Bu bütüncül kontrol modeli, neredeyse bir felsefe olarak, son birkaç aydır Başkan Biden’in kabinesiyle çatışmaya başladı. Bunun Amerikan başkanının, işçilerin haklarını önemsemesiyle en ufak bir alakası olmadığı kesindir. Amazon kendini geleneksel politik mekanizmaların boyunduruğundan kurtardı, ancak Biden bu kurumları güncelleştirerek tekrar hayata döndürmek istiyor. Biden’in federal devletin pandemi sonrası şekillenecek sermaye düzenine kendini etkili bir aktör olarak geri sokması planı Amazon’la arasında anlaşılması güç bir çatışma yarattı. Biden saati 15 dolarlık asgari ücret düzenlemesini Amerikan Kurtarma Planı yasa tasarısından geri çekerse, Amazon bir medya kampanyası aracılığıyla 15 dolarlık asgari ücreti ulus geneli depo ve merkezlerine sunar. Amazon, eğitim, yönetim ve sömürge modelini yozlaştıracağı için tek bir deponun sendikalaşmasına izin vermediğinde, Biden yönetimi işçilerin haklarını savunuyormuş gibi görünüyor. Bu körpe tansiyon seyre devam ederken çatışmanın akıbeti henüz belirsiz.

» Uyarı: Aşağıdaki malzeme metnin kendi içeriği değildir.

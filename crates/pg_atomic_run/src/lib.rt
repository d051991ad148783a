//! Runs a script on the atomic machine, a machine for each block, in the order of its lines.
#![tactic(auto)]

mod block;
mod laws;
mod run;

pub use laws::{histories_are_runs, worked_scripts};
pub use run::atomic_run;
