ghost use Rattle.std.specs.Prelude.{◌≡◌, ◌≤◌, ◌++◌, true, ℕ, List, [], map, length, codes, IfOk};
ghost use Rattle.std.specs.List.{list_all};
ghost use Rattle.pg_perm.specs.declared.step.Step.{Step};
ghost use Rattle.pg_script.specs.Scripts.{is_inside};
ghost use Rattle.pg_atomic_run.specs.Histories as histories;
ghost use Rattle.pg_atomic_run.specs.Blocks as state;

use crate::block::Block;
use pg_history::write_history;
use pg_script::{Script, ScriptOp};
use pg_shape::Protocol;
use std::alloc::{AllocError, Global};

/// A machine for each block, on which nothing was done.
fn open_blocks(
    alloc: Global,
    protocol: &Protocol,
    cores: u32,
    blocks: u32,
) -> Result<Vec<Block>, AllocError>
    requires some { 1 ≤ cores }
    requires few { cores ≤ 64 }
    ensures many { IfOk result (λ opened. length opened.items ≡ blocks) }
    ensures open { IfOk result (λ opened. state.AreOpen protocol.now cores opened.items) }
{
    let mut opened = Vec::new(alloc);
    for _ in 0..blocks {
        opened.push(Block::new(alloc, protocol, cores)?)?;
    }
    Ok(opened)
}

/// Makes the operations one after another, each on its block.
fn perform_all(
    protocol: &Protocol,
    ops: &[ScriptOp],
    blocks: &mut Vec<Block>,
    cores: u32,
) -> Result<(), AllocError>
    requires reached { state.AreReached protocol.now cores blocks.old.items }
    requires inside { list_all (is_inside cores (length blocks.old.items)) ops.now ≡ true }
    ensures many { IfOk result (λ _. length blocks.new.items ≡ length blocks.old.items) }
    ensures taken { (all : ℕ → List Step) → state.AreStepsSoFar protocol.now all ops.now blocks.old.items → IfOk result (λ _. state.AreStepsSoFar protocol.now all [] blocks.new.items) }
{
    let mut left = ops;
    while let Some((op, rest)) = left.split_first() {
        blocks[op.block as usize].perform(protocol, op.core, op.op)?;
        left = rest;
    }
    Ok(())
}

/// The histories of the blocks, one after another.
fn texts(alloc: Global, blocks: &[Block]) -> Result<Vec<u8>, AllocError>
    requires { length blocks.now ≤ 64 }
    ensures { IfOk result (λ text. text.items ≡ state.texts_of 0 blocks.now ++ codes "end\n") }
{
    let mut text = Vec::new(alloc);
    let mut number = 0;
    let mut left = blocks;
    while let Some((block, rest)) = left.split_first() {
        write_history(&mut text, number, &block.steps)?;
        number += 1;
        left = rest;
    }
    text.extend_from_slice(b"end\n")?;
    Ok(text)
}

/// Runs a script on the atomic machine of the protocol, in the order of its lines, and gives the histories of its blocks.
///
/// A load or a store without the permission takes a transaction first, and an evict of a core that holds nothing no step. The text has the
/// history of each block by its number, and ends with the line `end`.
pub fn atomic_run(
    alloc: Global,
    protocol: &Protocol,
    script: &Script,
) -> Result<Vec<u8>, AllocError>
    ensures { IfOk result (λ text. text.items ≡ histories.histories protocol.now script.now) }
{
    let ops = script.ops();
    let mut blocks = open_blocks(alloc, protocol, script.cores(), script.blocks())?;
    perform_all(protocol, ops, &mut blocks, script.cores())?;
    texts(alloc, &blocks)
}
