//! Laws of the definitions that the contracts of this crate cite.

ghost use Rattle.std.specs.Prelude.{◌≡◌, ℕ, [], ◌∷◌, codes};
ghost use Rattle.pg_perm.specs.declared.kinds.Event.TheVariants as event;
ghost use Rattle.pg_perm.specs.declared.kinds.Op.TheVariants as op;
ghost use Rattle.pg_perm.specs.declared.step.Step.TheVariants as step;
ghost use Rattle.pg_samples.specs.Drafts.{msi};
ghost use Rattle.pg_perm.specs.declared.draft.Draft.{Draft};
ghost use Rattle.pg_perm.specs.Drafts.{IsWellFormed};
ghost use Rattle.pg_shape.specs.Shaped.{IsShaped};
ghost use Rattle.pg_script.specs.Scripts.{Operations, IsWithin};
ghost use Rattle.pg_atomic.specs.Steps.{IsRun};
ghost use Rattle.pg_atomic_run.specs.Histories.{block_steps, histories, ops_on};
ghost use Rattle.pg_atomic_run.specs.Worked.{loads_of_three, worked_script};

/// The steps of which the histories of a script's blocks are written are runs of the atomic machine.
pub fn histories_are_runs()
    ensures { (d : Draft) (s : Operations) (b : ℕ) → IsWellFormed d → IsShaped d → IsWithin s → IsRun d s.cores (block_steps d s b) }
{}

/// The operations on a block are those of its number, each with its core, in the order of their lines. Of a small script: its steps on each block of MSI, and
/// its histories. What a core has it loads again without a transaction.
pub fn worked_scripts()
    ensures first { ops_on worked_script.ops 0 ≡ (0, op.Store 5) ∷ (1, op.Load) ∷ (1, op.Load) ∷ [] }
    ensures second { ops_on worked_script.ops 1 ≡ (1, op.Load) ∷ (0, op.Evict) ∷ (1, op.Evict) ∷ [] }
    ensures third { ops_on worked_script.ops 2 ≡ [] }
    ensures steps_on_first { block_steps msi worked_script 0
        ≡ step.Txn 0 event.Store ∷ step.Store 0 5 ∷ step.Txn 1 event.Load ∷ step.Load 1 5 ∷ step.Load 1 5 ∷ [] }
    ensures steps_on_second { block_steps msi worked_script 1
        ≡ step.Txn 1 event.Load ∷ step.Load 1 0 ∷ step.Txn 1 event.Evict ∷ [] }
    ensures text { histories msi worked_script
        ≡ codes "block 0\ntxn 1 c0 store\nacc 1 c0 store 5\ntxn 2 c1 load\nacc 2 c1 load 5\nacc 2 c1 load 5\nblock 1\ntxn 1 c1 load\nacc 1 c1 load 0\ntxn 2 c1 evict\nblock 2\nend\n" }
    ensures three { block_steps msi loads_of_three 0
        ≡ step.Txn 0 event.Load ∷ step.Load 0 0 ∷ step.Txn 1 event.Load ∷ step.Load 1 0 ∷ step.Txn 2 event.Load ∷ step.Load 2 0
        ∷ step.Load 0 0 ∷ step.Load 1 0 ∷ step.Load 2 0 ∷ [] }
{}
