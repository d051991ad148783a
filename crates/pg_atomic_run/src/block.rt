ghost use Rattle.std.specs.Prelude.{◌≡◌, ◌≢◌, ◌<◌, ◌≤◌, true, [], length, IfOk};
ghost use Rattle.pg_perm.specs.declared.kinds.Op.TheVariants as op;
ghost use Rattle.pg_perm.specs.declared.step.Step.TheVariants as step;
ghost use Rattle.pg_atomic.specs.States as states;
ghost use Rattle.pg_atomic.specs.Accesses as accesses;
ghost use Rattle.pg_atomic.specs.Steps as steps;
ghost use Rattle.pg_atomic_run.specs.Blocks as blocks;

use pg_atomic::Atomic;
use pg_perm::{Access, Event, Op, Sequence, Step, Steps};
use pg_shape::Protocol;
use std::alloc::{AllocError, Global};

/// A block, and the steps that were made on it.
#[derive(Drop)]
pub struct Block {
    pub atomic: Atomic,
    pub steps: Steps,
}

impl Block {
    pub fn new(alloc: Global, protocol: &Protocol, cores: u32) -> Result<Block, AllocError>
        requires some { 1 ≤ cores }
        requires few { cores ≤ 64 }
        ensures opens { IfOk result (λ x. x ≡ record { atomic = states.initial_state protocol.now cores; steps = [] }) }
        ensures reached { IfOk result (λ x. steps.IsReached protocol.now cores x.atomic) }
    {
        Ok(Block {
            atomic: Atomic::make(alloc, protocol, cores)?,
            steps: Sequence::new(alloc),
        })
    }

    /// Makes a transaction of a core and keeps it as a step.
    fn transact(&mut self, protocol: &Protocol, core: u32, event: Event) -> Result<(), AllocError>
        requires core { core < length self.old.atomic.states }
        requires reached { steps.IsReached protocol.now (length self.old.atomic.states) self.old.atomic }
        requires needs { steps.needs_transaction protocol.now (states.state_of self.old.atomic core) event ≡ true }
        ensures step { IfOk result (λ _. self.new ≡ blocks.block_after_step protocol.now (step.Txn core event) self.old) }
        ensures reached { steps.IsReached protocol.now (length self.old.atomic.states) self.new.atomic }
        ensures cores { length self.new.atomic.states ≡ length self.old.atomic.states }
        ensures permits { event ≢ Event.Evict → steps.may protocol.now (states.state_of self.new.atomic core) event ≡ true }
    {
        self.atomic.txn(protocol, core, event);
        self.steps.push(Step::Txn(core, event))
    }

    /// Makes an access of a core and keeps it as a step.
    fn access(&mut self, protocol: &Protocol, core: u32, access: Access) -> Result<(), AllocError>
        requires core { core < length self.old.atomic.states }
        requires reached { steps.IsReached protocol.now (length self.old.atomic.states) self.old.atomic }
        requires may { steps.may protocol.now (states.state_of self.old.atomic core) (accesses.event_of access) ≡ true }
        ensures step { IfOk result (λ _. self.new ≡ blocks.block_after_step protocol.now (accesses.step_of core (accesses.word_of self.old.atomic access) access) self.old) }
        ensures reached { steps.IsReached protocol.now (length self.old.atomic.states) self.new.atomic }
    {
        let word = self.atomic.access(protocol, core, access);
        self.steps.push(match access {
            Access::Load => Step::Load(core, word),
            Access::Store(_) => Step::Store(core, word),
        })
    }

    fn load(&mut self, protocol: &Protocol, core: u32) -> Result<(), AllocError>
        requires core { core < length self.old.atomic.states }
        requires reached { steps.IsReached protocol.now (length self.old.atomic.states) self.old.atomic }
        ensures step { IfOk result (λ _. self.new ≡ blocks.block_after_op protocol.now core op.Load self.old) }
        ensures reached { steps.IsReached protocol.now (length self.old.atomic.states) self.new.atomic }
    {
        if !self.atomic.may(protocol, core, Event::Load) {
            self.transact(protocol, core, Event::Load)?;
        }
        self.access(protocol, core, Access::Load)
    }

    fn store(&mut self, protocol: &Protocol, core: u32, value: u32) -> Result<(), AllocError>
        requires core { core < length self.old.atomic.states }
        requires reached { steps.IsReached protocol.now (length self.old.atomic.states) self.old.atomic }
        ensures step { IfOk result (λ _. self.new ≡ blocks.block_after_op protocol.now core (op.Store value) self.old) }
        ensures reached { steps.IsReached protocol.now (length self.old.atomic.states) self.new.atomic }
    {
        if !self.atomic.may(protocol, core, Event::Store) {
            self.transact(protocol, core, Event::Store)?;
        }
        self.access(protocol, core, Access::Store(value))
    }

    fn evict(&mut self, protocol: &Protocol, core: u32) -> Result<(), AllocError>
        requires core { core < length self.old.atomic.states }
        requires reached { steps.IsReached protocol.now (length self.old.atomic.states) self.old.atomic }
        ensures step { IfOk result (λ _. self.new ≡ blocks.block_after_op protocol.now core op.Evict self.old) }
        ensures reached { steps.IsReached protocol.now (length self.old.atomic.states) self.new.atomic }
    {
        if self.atomic.may(protocol, core, Event::Evict) {
            self.transact(protocol, core, Event::Evict)?;
        }
        Ok(())
    }

    /// Makes an operation of a core, and keeps its steps.
    pub fn perform(&mut self, protocol: &Protocol, core: u32, op: Op) -> Result<(), AllocError>
        requires core { core < length self.old.atomic.states }
        requires reached { steps.IsReached protocol.now (length self.old.atomic.states) self.old.atomic }
        ensures step { IfOk result (λ _. self.new ≡ blocks.block_after_op protocol.now core op self.old) }
        ensures reached { steps.IsReached protocol.now (length self.old.atomic.states) self.new.atomic }
    {
        match op {
            Op::Load => self.load(protocol, core),
            Op::Store(value) => self.store(protocol, core, value),
            Op::Evict => self.evict(protocol, core),
        }
    }
}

Sendika Denen Krizde Bir Şirket

Artık “sermaye sendikacılığı” bile Amerika Birleşik Devletleri’ndeki birçok sendikanın kendini içinde bulduğu vaziyeti açıklamaya yetmiyor. Birleşik Otomobil İşçileri Sendikası’nın hikayesinde örgütlenmeye yaklaşımlardaki değişim sonucu doğan “girişimci sendikacılık” belası bariz: emekçilerin 60’ların sonundan 70’lerin yarısına kadar azimle yürüttüğü devrimci kavganın örgütü olan sendika, yönetimin Fiat-Chrysler ile giriştiği yolsuzluk dolayısıyla federal mahkeme tarafından hukuki takibe konuyor. Sermayeden bağımsızlığın bir zamanlar sembolü olan sendika, General Motors’un ilk hisse sahibi haline geldiği yetmezmiş gibi, adına hisselerin yönetimini dünyanın en büyük gölge bankası BlackRock’a teslim ediyor. Aynı sendika 2011 ve 2015 yıllarında otomobil endüstrisi sözleşme müzakereleri sırası ikinci en büyük hissedarı olduğu General Motors ve Ford’a karşı Fiat-Chrysler’i uzlaşmada kayırmak için el altından rüşvet alıyor.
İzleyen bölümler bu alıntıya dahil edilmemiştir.